I know what you are saying, but a generalization of your favorite works will do nicely. If I get enough responses, I can then figure it out for myself. Also, it tells me what I should be looking for in general while building my Classical library. Thanks for responding!


----------



## MarkW (Feb 16, 2015)

The string quartets (no. 4 is a real gem.).


----------



## Knorf (Jan 16, 2020)

*Why always tpyos?*



mbhaub said:


> His best works:
> 
> The symphonies. Frankly, there are no bad sets since the only conductors who bother to record them really seem to like them.

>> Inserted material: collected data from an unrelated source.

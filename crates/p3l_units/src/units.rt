// Tables of units run the sequential nodes of a tree.

use crate::table::UnitTable;
use p3l_base::{NoMemory, Outcome, Words};
use p3l_skel::Units;
use p3l_walk::item_outcome;
use std::alloc::Global;

impl<'t> Units for UnitTable<'t> {
    ghost use Rattle.std.specs.Prelude.{false};
    ghost use Rattle.p3l_units.specs.Table.{leaf};
    ghost use Rattle.p3l_units.specs.laws.Leaf.{gives_outs};

    ghost tree = { λ table. table.tree };

    ghost leaf = { leaf };

    ghost may_want = { false };

    ghost gives_outs = { gives_outs };

    /// The commonest node by itself, so that its outcome isn't moved from call to call.
    #[inline(always)]
    fn run(&self, alloc: Global, node: u32, words: &Words) -> Result<Outcome, NoMemory> {
        match self.bare_code(node) {
            Some((code, module)) => code.run(alloc, module, words),
            None => item_outcome(alloc, self.tree(), self, &mut (), node, words),
        }
    }
}
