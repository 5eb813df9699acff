#![tactic(auto)]
// A read message as a view: it points into the receive buffer. Each function takes it apart, and `parts` has what is right. Where the positions of a
// view aren't what the reader gives for its body, every function refuses with 0, or gives no bytes.
ghost use Rattle.std.specs.Prelude.{◌≡◌};
ghost use Rattle.parts.specs.Parts.{positions_of, kind_of, key_of, record_key_of, record_value_of, closer_of, provider_of, peer_id_of, peer_connection_of, peer_address_of, key_bytes, record_key_bytes, record_value_bytes};

use message::Fields;
use refusal::Refusal;
use wire::Span;

// The body, and where the parts of the message are in it.
#[derive(Drop)]
pub struct View<'a> {
    pub body: &'a [u8],
    pub at: Fields,
}

// The view of a body: what the reader gives. A body that the reader refuses has no view: of what comes back every part is refused.
pub fn view_of<'a>(body: &'a [u8]) -> View<'a>
    ensures { (result.body ≡ body.entry) × (result.at ≡ positions_of body.now) }
{
    View {
        body,
        at: parts::positions(body),
    }
}

// The message's type.
pub fn kind<'a>(v: View<'a>) -> Result<u64, Refusal>
    ensures { result ≡ kind_of v.entry.body.now v.entry.at }
{
    parts::kind(v.body, v.at)
}

// Where its key is.
pub fn key<'a>(v: View<'a>) -> Result<Span, Refusal>
    ensures { result ≡ key_of v.entry.body.now v.entry.at }
{
    parts::key(v.body, v.at)
}

// Where its record's key is, and its value.
pub fn record_key<'a>(v: View<'a>) -> Result<Option<Span>, Refusal>
    ensures { result ≡ record_key_of v.entry.body.now v.entry.at }
{
    parts::record_key(v.body, v.at)
}

pub fn record_value<'a>(v: View<'a>) -> Result<Option<Span>, Refusal>
    ensures { result ≡ record_value_of v.entry.body.now v.entry.at }
{
    parts::record_value(v.body, v.at)
}

// The first entry of closerPeers from a position on, and of providerPeers.
pub fn closer_peer<'a>(v: View<'a>, from: usize) -> Result<Option<Span>, Refusal>
    ensures { result ≡ closer_of v.entry.body.now v.entry.at from }
{
    parts::closer_peer(v.body, v.at, from)
}

pub fn provider_peer<'a>(v: View<'a>, from: usize) -> Result<Option<Span>, Refusal>
    ensures { result ≡ provider_of v.entry.body.now v.entry.at from }
{
    parts::provider_peer(v.body, v.at, from)
}

// Of the peer at a span: where its id is, its connection, and its first address from a position on.
pub fn peer_id<'a>(v: View<'a>, peer: Span) -> Result<Span, Refusal>
    ensures { result ≡ peer_id_of v.entry.body.now v.entry.at peer }
{
    parts::peer_id(v.body, v.at, peer)
}

pub fn peer_connection<'a>(v: View<'a>, peer: Span) -> Result<u64, Refusal>
    ensures { result ≡ peer_connection_of v.entry.body.now v.entry.at peer }
{
    parts::peer_connection(v.body, v.at, peer)
}

pub fn peer_address<'a>(v: View<'a>, peer: Span, from: usize) -> Result<Option<Span>, Refusal>
    ensures { result ≡ peer_address_of v.entry.body.now v.entry.at peer from }
{
    parts::peer_address(v.body, v.at, peer, from)
}

// The bytes of its key, of its record's key and of its value: none where the view is refused or there is no record.
pub fn key_bytes<'a>(v: View<'a>) -> &'a [u8]
    ensures { result.now ≡ key_bytes v.entry.body.now v.entry.at }
{
    parts::key_bytes(v.body, v.at)
}

pub fn record_key_bytes<'a>(v: View<'a>) -> &'a [u8]
    ensures { result.now ≡ record_key_bytes v.entry.body.now v.entry.at }
{
    parts::record_key_bytes(v.body, v.at)
}

pub fn record_value_bytes<'a>(v: View<'a>) -> &'a [u8]
    ensures { result.now ≡ record_value_bytes v.entry.body.now v.entry.at }
{
    parts::record_value_bytes(v.body, v.at)
}

// ---- on a plain body, for callers that hold no view

// The type of the message that a body is.
pub fn kind_of<'a>(body: &'a [u8]) -> Result<u64, Refusal>
    ensures { result ≡ kind_of body.now (positions_of body.now) }
{
    kind(view_of(body))
}

// The bytes of its key, and of its record's value.
pub fn key_of<'a>(body: &'a [u8]) -> &'a [u8]
    ensures { result.now ≡ key_bytes body.now (positions_of body.now) }
{
    key_bytes(view_of(body))
}

pub fn record_value_of<'a>(body: &'a [u8]) -> &'a [u8]
    ensures { result.now ≡ record_value_bytes body.now (positions_of body.now) }
{
    record_value_bytes(view_of(body))
}
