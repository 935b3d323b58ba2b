// Inner, for the reduction: the bounds of the search, kept from step to step. See specs/Bounds.
#![tactic(auto)]

ghost use Rattle.std.specs.Prelude.{◌≡◌, ◌⊎◌, true, ◌<◌};
ghost use Rattle.slots.specs.Working.{graph_in};
ghost use Rattle.bounds.specs.Bounds.{Near, Quieted, RingQuieted};

use finding::Step;
use slots::graph::WorkingGraph;

// No cell below `low` is a leaf, none below `rings` is named by a ring step.
#[derive(Clone, Copy)]
pub struct Bounds {
    pub low: usize,
    pub rings: usize,
}

// How many slots of a cell are looked at for its lowest partner.
const LOOKED_AT: usize = 16;

// No graph has more cells.
const CELLS: usize = 1024;

// A number not above `low`, u and any partner of u; 0 where u has many slots.
fn lowest_near(graph: &WorkingGraph, u: usize, low: usize) -> usize
    requires { u < 1024 }
    ensures { Near (graph_in graph.now) u low result }
{
    let mut least = low.min(u);
    let mut next = graph.last_slot(u);
    for _ in 0..LOOKED_AT {
        let Some(i) = next else {
            return least;
        };
        if graph.w1[i] != 0 {
            least = least.min(graph.partner(u, i));
        }
        next = graph.slot_before(u, i);
    }
    next.map_or(least, |_| 0)
}

// Below this cell no leaf is left by a step, where there was none below `low` before it.
fn quiet_after(graph: &WorkingGraph, step: Step, low: usize) -> usize
    ensures { Quieted (graph_in graph.now) step low result }
{
    match step {
        Step::Leaf { v, u } if u < CELLS => lowest_near(graph, u, low.min(v)),
        Step::Leaf { .. } => 0,
        Step::Ring { u, z } => low.min(u.min(z)),
        Step::Chain { u, v: _, z } => low.min(u.min(z)),
    }
}

// Below this cell no ring step is named after a step, where none was below `rings` before it.
fn rings_after(graph: &WorkingGraph, step: Step, rings: usize) -> usize
    ensures { RingQuieted (graph_in graph.now) step rings result }
{
    match step {
        Step::Leaf { v: _, u } if u < CELLS && graph.degree(u) == 1 => rings,
        Step::Ring { u, z } if u < CELLS && graph.degree(u) == 2 => z,
        _ => 0,
    }
}

impl Bounds {
    // The bounds after a step.
    pub fn after(self, graph: &WorkingGraph, step: Step) -> Bounds
        ensures leaves { Quieted (graph_in graph.now) step self.low result.low }
        ensures rings { RingQuieted (graph_in graph.now) step self.rings result.rings }
    {
        Bounds {
            low: quiet_after(graph, step, self.low),
            rings: rings_after(graph, step, self.rings),
        }
    }

    // The bound for rings stays, or goes.
    pub fn rings_left(self, stay: bool) -> Bounds
        ensures low { result.low ≡ self.low }
        ensures rings { (result.rings ≡ 0) ⊎ ((stay ≡ true) × (result.rings ≡ self.rings)) }
    {
        Bounds {
            low: self.low,
            rings: if stay { self.rings } else { 0 },
        }
    }
}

I agree. There are some Nielsen symphony cycles I like more or less than others, but none are truly poor. However, I will mention that Bernstein's Nielsen recordings were very badly underrehearsed and sloppy, with numerous wrong notes, poor ensemble, odd missteps in pacing, etc. But the spirit is largely there.



> The opera Maskerade. One of the great 20th operas with some truly humorous moments.


Good call!

I am also highly fond of Nielsen's concertos (for violin, flute, and clarinet), the Quintet for Winds, Op. 43, and a lesser but surprisingly charming little work entitled "Serenade in Vain."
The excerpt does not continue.